They rarely entertained an audience.[262] Sometimes too the school or an unofficial group sponsored musical events, a notable one being the concert by "Al Hopkins and his Buckle-Busters," a celebrated country band from North Carolina.[263]

In addition, serious organizations like the Farmer's Clubs, Community League or church-affiliated women's clubs, mixed work and play by sponsoring picnics, quilting bees, and oyster suppers. The record made of a pleasant outing by Farmer's Clubs #1 and #4 to the Great Falls in 1913 was typical of many excursions in later years:

It goes without saying that all present had a very enjoyable day.

The children spent much time on the swings and Merry-Go-Rounds while the older members spent the day in viewing the falls....



While still others enjoyed fishing.[264]

Home Demonstration Clubs also put on their share of entertainments, with buffet suppers and skits, rounding off one year with a "husband-calling contest."[265] Even the business meetings themselves were social occasions at which dinner and friendly conversation were mixed with more critical concerns.

Oyster suppers were a regional specialty held all over the county, of which Floris sponsored its share.

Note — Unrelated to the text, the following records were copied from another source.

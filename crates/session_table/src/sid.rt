// The names of sessions, and the opening numbers at their ends.
ghost use Rattle.std.specs.Prelude.{◌≡◌, ℕ, ◌≤◌, ◌<◌, ◌++◌, ◌-◌, List, IfOk, Some, drop, false, length, not, true};
ghost use Rattle.std.specs.List.{list_all};
ghost use Rattle.std.specs.Char.{is_ascii_digit};
ghost use Rattle.server_ports.specs.Names.{IsNamePart, is_name_byte, last_is_digit};
ghost use Rattle.session_table.specs.Sids.{EndsInDigits, IsSidOf, highest_number, sid_of};

use bosh_types::{SharedText, Text};
use std::alloc::{AllocError, Global};
use std::fmt::Write;

// How many bytes may be drawn for a name.
const LONGEST_PART: usize = 32;

/// The name of the session with this opening number, after the part that was drawn for it.
pub(crate) fn sid_text(alloc: Global, part: &[u8], number: u64) -> Result<SharedText, AllocError>
    ensures { IfOk result (λ sid. sid ≡ sid_of part.now number) }
{
    let digits = format!(in alloc; "{number}")?;
    let mut sid = Vec::from_slice(alloc, part)?;
    sid.extend_from_slice(digits.as_bytes())?;
    SharedText::new(alloc, Text::from_vec(sid))
}

// The digits at the end of a text.
fn digits_at_end(text: &[u8]) -> &[u8]
    ensures { EndsInDigits text.now result.now }
{
    let mut start = text.len();
    while start > 0 {
        if !text[start - 1].is_ascii_digit() {
            return &text[start..];
        }
        start -= 1;
    }
    text
}

/// The opening number at the end of a name. A text that is no name of a session may have another number or none.
pub(crate) fn number_in(sid: &[u8]) -> Option<u64>
    ensures { (number : ℕ) → number ≤ highest_number → IsSidOf sid.now number → result ≡ Some number }
{
    let Ok(digits) = str::from_utf8(digits_at_end(sid)) else {
        return None;
    };
    digits.parse().ok()
}

/// Whether this is a name of the session with this number. The only error is want of memory.
pub(crate) fn is_sid(alloc: Global, sid: &[u8], number: u64) -> Result<bool, AllocError>
    ensures { IfOk result (λ answer. answer ≡ true → IsSidOf sid.now number) }
{
    let digits = format!(in alloc; "{number}")?;
    match sid.strip_suffix(digits.as_bytes()) {
        Some(part) => Ok(is_name_part(part)),
        None => Ok(false),
    }
}

// Whether this may be drawn for a name.
fn is_name_part(part: &[u8]) -> bool
    ensures { result ≡ true → IsNamePart part.now }
{
    if part.is_empty() || part.len() > LONGEST_PART {
        return false;
    }
    if ends_in_digit(part) {
        return false;
    }
    are_name_bytes(part)
}

// Whether each of these is a letter, a digit or `-`.
fn are_name_bytes(text: &[u8]) -> bool
    ensures { result ≡ list_all is_name_byte text.now }
{
    let mut left = text;
    while let [byte, others @ ..] = left {
        if !is_name_byte(*byte) {
            return false;
        }
        left = others;
    }
    true
}

fn is_name_byte(byte: u8) -> bool
    ensures { result ≡ is_name_byte byte }
{
    if byte == b'-' {
        return true;
    }
    byte.is_ascii_alphanumeric()
}

// Whether the last byte is a digit.
fn ends_in_digit(part: &[u8]) -> bool
    ensures { result ≡ last_is_digit false part.now }
{
    let mut is_digit = false;
    for byte in part {
        is_digit = byte.is_ascii_digit();
    }
    is_digit
}
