// The gate with the object `Counter`, at work in threads.
ghost use Rattle.std.specs.Prelude.{◌≡◌, ◌+◌, ◌<◌, ◌≤◌, ◌^◌, [], sum_by};
ghost use Rattle.std.specs.Thread.{IsSync};
ghost use Rattle.parked_gate.specs.Passes.{IsPassOf};

use bosh_ports::{ListedBell, SteadyBell};
use parked_gate::{Gate, Object, Pass, Refused, Waited};
use std::alloc::Global;
use std::process::Abort;
use std::sync::Wait;
use std::test::Fail;
use std::thread;
use std::thread::{Threads, join};

/// Numbers that were added, each with its caller.
#[derive(Drop)]
struct Counter {
    entries: Vec<(u32, u64)>,
    sum: u64,
    ghost total: { sum ≡ sum_by (λ e. e.1) entries.items },
    ghost small: { sum < 2 ^ 64 },
}

impl Counter {
    fn new(alloc: Global) -> Counter
        ensures { result.entries.items ≡ [] }
    {
        Counter {
            entries: Vec::new(alloc),
            sum: 0,
        }
    }
}

/// A call adds a number and replies the sum, or nothing where there is no room for it.
impl Object for Counter {
    ghost use Rattle.std.specs.Prelude.{◌≡◌, ◌+◌, ◌<◌, ◌≤◌, ◌^◌, List, sum_by, MatchOption, IsSomeAnd, None, count_by, ◌==◌};

    type Call = u64;

    type Reply = Option<u64>;

    type Ask = u64;

    type Found = u64;

    type Question = u32;

    type Answer = usize;

    type Entry = (u32, u64);

    ghost history = { λ counter. counter.entries.items };

    ghost caller_of = { λ e. e.0 };

    ghost is_legal = { λ log. sum_by (λ e. e.1) log < 2 ^ 64 };

    ghost may = { λ _. Unit {0} };

    ghost replies = { λ log number reply made. MatchOption reply (made ≡ None)
        (λ sum. (sum ≡ sum_by (λ e. e.1) log + number) × IsSomeAnd made (λ e. e.1 ≡ number)) };

    ghost lacks = { λ log number. sum_by (λ e. e.1) log < number };

    ghost finds = { λ log number sum made. (made ≡ None) × (sum ≡ sum_by (λ e. e.1) log) × (number ≤ sum) };

    ghost answers = { λ log caller count. count ≡ count_by (λ e. e.0 == caller) log };

    fn step(&mut self, caller: u32, number: u64) -> Option<u64> {
        let sum = self.sum.checked_add(number)?;
        if self.entries.push((caller, number)).is_err() {
            return None;
        }
        self.sum = sum;
        Some(sum)
    }

    fn poll(&mut self, caller: u32, number: u64) -> Option<u64> {
        if self.sum < number {
            None
        } else {
            Some(self.sum)
        }
    }

    fn look(&self, caller: &u32) -> usize {
        self.entries.iter().filter(|e| e.0 == *caller).count()
    }

    fn count(&self) -> u64 {
        self.entries.len() as u64
    }
}

#[test]
fn two_passes_add_and_are_joined(rt: HostRuntime) -> Result<(), Fail> {
    let (gate, mut first) = Gate::new(rt.alloc(), Counter::new(rt.alloc()))
        .ok()
        .ok_or("memory")?;
    let mut second = gate.split(&rt, &mut first);
    let third = gate.try_split(&mut second).ok_or("no number")?;
    assert_eq!(rt; gate.call(&rt, &mut first, 2), Some(2));
    assert_eq!(rt; gate.call(&rt, &mut second, 3), Some(5));
    assert_eq!(rt;
        (first.number(), second.number(), third.number()),
        (0, 1, 2)
    );
    assert_eq!(rt;
        (
            gate.poll(&rt, &mut second, 5),
            gate.poll(&rt, &mut first, 6)
        ),
        (Some(5), None)
    );
    assert_eq!(rt;
        (first.length(), second.length(), third.length()),
        (2, 2, 0)
    );
    assert_eq!(rt; gate.look(&rt, &mut second, &0), 1);
    assert_eq!(rt; gate.look(&rt, &mut second, &1), 1);
    gate.join(&mut first, second);
    assert_eq!(rt; first.length(), 2);
    Ok(())
}

/// Each of the threads makes so many calls with a pass of its own, and the passes are joined.
#[cycle(adding)]
fn add_in_threads<R: Threads + Wait + Sync>(
    rt: &R,
    gate: &Gate<Counter>,
    mut pass: Pass<Counter>,
    threads: u32,
    calls: u32,
) -> Pass<Counter>
    requires { IsPassOf gate.now pass }
    ensures { IsPassOf gate.now result }
{
    if threads <= 1 {
        for _ in 0..calls {
            gate.call(rt, &mut pass, 1);
        }
        return pass;
    }
    let other = gate.split(rt, &mut pass);
    let half = threads / 2;
    let rest = threads - half;
    let (mut pass, other) = join(
        rt,
        || -> Pass<Counter>
            requires { IsSync R.row × IsPassOf gate.now pass }
            ensures { IsPassOf gate.entry.now result }
        { add_in_threads(rt, gate, pass, half, calls) },
        || -> Pass<Counter>
            requires { IsSync R.row × IsPassOf gate.now other }
            ensures { IsPassOf gate.entry.now result }
        { add_in_threads(rt, gate, other, rest, calls) },
    );
    gate.join(&mut pass, other);
    pass
}

#[test]
fn each_call_of_many_threads_is_there_once(rt: HostRuntime) -> Result<(), Fail> {
    for (threads, calls) in [(2, 1), (8, 1000)] {
        let (gate, pass) = Gate::new(rt.alloc(), Counter::new(rt.alloc()))
            .ok()
            .ok_or("memory")?;
        let mut all = add_in_threads(&rt, &gate, pass, threads, calls);
        assert_eq!(rt; all.length(), u64::from(threads) * u64::from(calls));
        for caller in 0..threads {
            assert_eq!(rt; gate.look(&rt, &mut all, &caller), calls as usize);
        }
    }
    Ok(())
}

#[test]
fn a_wait_ends_where_the_bell_is_silent(rt: HostRuntime) -> Result<(), Fail> {
    let (gate, mut pass) = Gate::new(rt.alloc(), Counter::new(rt.alloc()))
        .ok()
        .ok_or("memory")?;
    let mut bell = ListedBell::new(rt.alloc(), vec![in rt.alloc(); 2]?);
    gate.call(&rt, &mut pass, 5);
    assert!(rt; matches!(gate.wait_for(&rt, &mut pass, 6, &mut bell), Waited::Silent));
    assert_eq!(rt; bell.silences(), 1);
    gate.call(&rt, &mut pass, 2);
    assert!(rt;
        matches!(
            gate.wait_for(&rt, &mut pass, 6, &mut bell),
            Waited::Found(7)
        )
    );
    Ok(())
}

#[test]
fn a_waiter_finds_what_another_thread_added(rt: HostRuntime) -> Result<(), Fail> {
    let (gate, mut pass) = Gate::new(rt.alloc(), Counter::new(rt.alloc()))
        .ok()
        .ok_or("memory")?;
    let other = gate.split(&rt, &mut pass);
    let (found, _) = join(
        &rt,
        || match gate.wait_for(&rt, &mut pass, 6, &mut SteadyBell) {
            Waited::Found(sum) => sum,
            Waited::Silent => 0,
        },
        || add_in_threads(&rt, &gate, other, 1, 6),
    );
    assert_eq!(rt; found, 6);
    Ok(())
}

#[test]
fn a_refused_object_comes_back(rt: HostRuntime) -> Result<(), Fail> {
    let mut counter = Counter::new(rt.alloc());
    counter.step(0, 4);
    match Gate::new(rt.alloc(), counter) {
        Ok((gate, mut pass)) => assert_eq!(rt; gate.call(&rt, &mut pass, 1), Some(5)),
        Err(Refused { object }) => assert_eq!(rt; (object.sum, object.count()), (4, 1)),
    }
    Ok(())
}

They were often money-making events (as were the ice cream socials) at which dinner cost from twenty-five to fifty cents and featured stewed and fried oysters. Lottie Schneider recalled the bustle of preparation for an oyster supper given in Herndon, involving the setting up of tables and benches and flower arrangements, and the difficult choice to be made between fried or stewed oysters and the many different relishes brought by each lady.[266] The suppers in fact generally held an overabundance of food.

Again, Joseph Beard described the scene:

There were always a few who didn't like oysters and they always had ham for those.... Anything that you would have in a farming neighborhood like that, when you sat down to eat it was just like having a Thanksgiving dinner. Everything from sweet potatoes to scalloped potatoes to macaroni and cheese to string beans to corn-on-the-cob to tomatoes [would be served]. Most anything that could be raised or produced in a vegetable garden or in a truck patch they'd bring. Then we had custard pies and lemon pies and apple pies....[267]

The money made at the oyster dinners was used for school projects, to buy church furnishings or aid in mission work.

Professional interest and pleasure were likewise combined at the various fairs held in the area during the late summer. The county sponsored a fair at Fairfax Courthouse until 1933 which featured new farm machinery, exemplary produce and livestock, and a gay carnival atmosphere. The _Herndon News-Observer_ gave a colorful account of the county festivities in its September 23, 1926 edition:

The first day was largely devoted to judging, the second day saw a large picnic by Dranesville farmers, the County Chamber of Commerce and the 4-H Clubs frolicked on the third day while the visible and invisible empire [of the Ku Klux Klan] held sway on the last day.

Good racing cards filled much of the afternoon. The prizes were more substantial and the performances proportionally good. Every exhibit building was loaded with all varieties and grades of exhibits, while the livestock was as equally interesting in its magnitude and diversification.

The flower department was carried partly out of the building where loving hands [had] specially devoted time and energy toward perfection. The woman's department, with nearly a thousand entries, was a wonder of culinary art. The poultry building with every squeek and squawk imaginable, fairly dazzled the farmers and their friends, who came to see what Fairfaxians and their friends are doing. Certainly no other fair in Virginia presented an arena of keener compet.i.tion and the prize winners deserve to be most highly congratulated....[268]

The midway was a swirl of ferris wheels, merry-go-rounds and every variety of game by which you might separate yourself from surplus funds.

The region boasted a similar fair held generally in Prince William County and having the dual purpose of promoting and celebrating the dairy industry. The Piedmont Dairy Festival, as it was called, was modeled after the famous Shenandoah Apple Blossom festival and was jocularly known locally as the "Cow Blossom festival."[269]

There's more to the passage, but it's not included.